**Assignment**: Find the string "alloc" in the data, then copy every line where it is found.

**Information given**:
ghost use Rattle.cc_lattice.specs.Pairs.{pairs_same};

use crate::Lattice;
use cc_num::NoMemory;
use std::alloc::Global;

/// Two values, each of a lattice. One pair is below another where each part is.
#[derive(Debug, Drop)]
pub struct Pair<A, B> {
    pub first: A,
    pub second: B,
}

impl<A: Lattice, B: Lattice> Lattice for Pair<A, B> {
    ghost AreAlike = { λ x y. A.AreAlike x.first y.first × B.AreAlike x.second y.second };

    ghost IsBelow = { λ x y. A.IsBelow x.first y.first × B.IsBelow x.second y.second };

    fn below(&self, other: &Pair<A, B>) -> bool {
        self.first.below(&other.first) && self.second.below(&other.second)
    }

    fn join(&self, alloc: Global, other: &Pair<A, B>) -> Result<Pair<A, B>, NoMemory> {
        let first = self.first.join(alloc, &other.first)?;
        let second = self.second.join(alloc, &other.second)?;
        Ok(Pair { first, second })
    }

    ghost alike_itself = { λ x y h. (A.alike_itself x.first y.first h.0, B.alike_itself x.second y.second h.1) };

    ghost alike_back = { λ x y h. (A.alike_back x.first y.first h.0, B.alike_back x.second y.second h.1) };

    ghost below_itself = { λ x h. (A.below_itself x.first h.0, B.below_itself x.second h.1) };

    ghost below_through = { λ x y z xy yz xz a b. (
      A.below_through x.first y.first z.first xy.0 yz.0 xz.0 a.0 b.0,
      B.below_through x.second y.second z.second xy.1 yz.1 xz.1 a.1 b.1,
    ) };

    ghost below_both_ways = { λ x y h a b. pairs_same x y
        (A.below_both_ways x.first y.first h.0 a.0 b.0)
        (B.below_both_ways x.second y.second h.1 a.1 b.1) };
}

**The answer**:
use std::alloc::Global;
    fn join(&self, alloc: Global, other: &Pair<A, B>) -> Result<Pair<A, B>, NoMemory> {
        let first = self.first.join(alloc, &other.first)?;
        let second = self.second.join(alloc, &other.second)?;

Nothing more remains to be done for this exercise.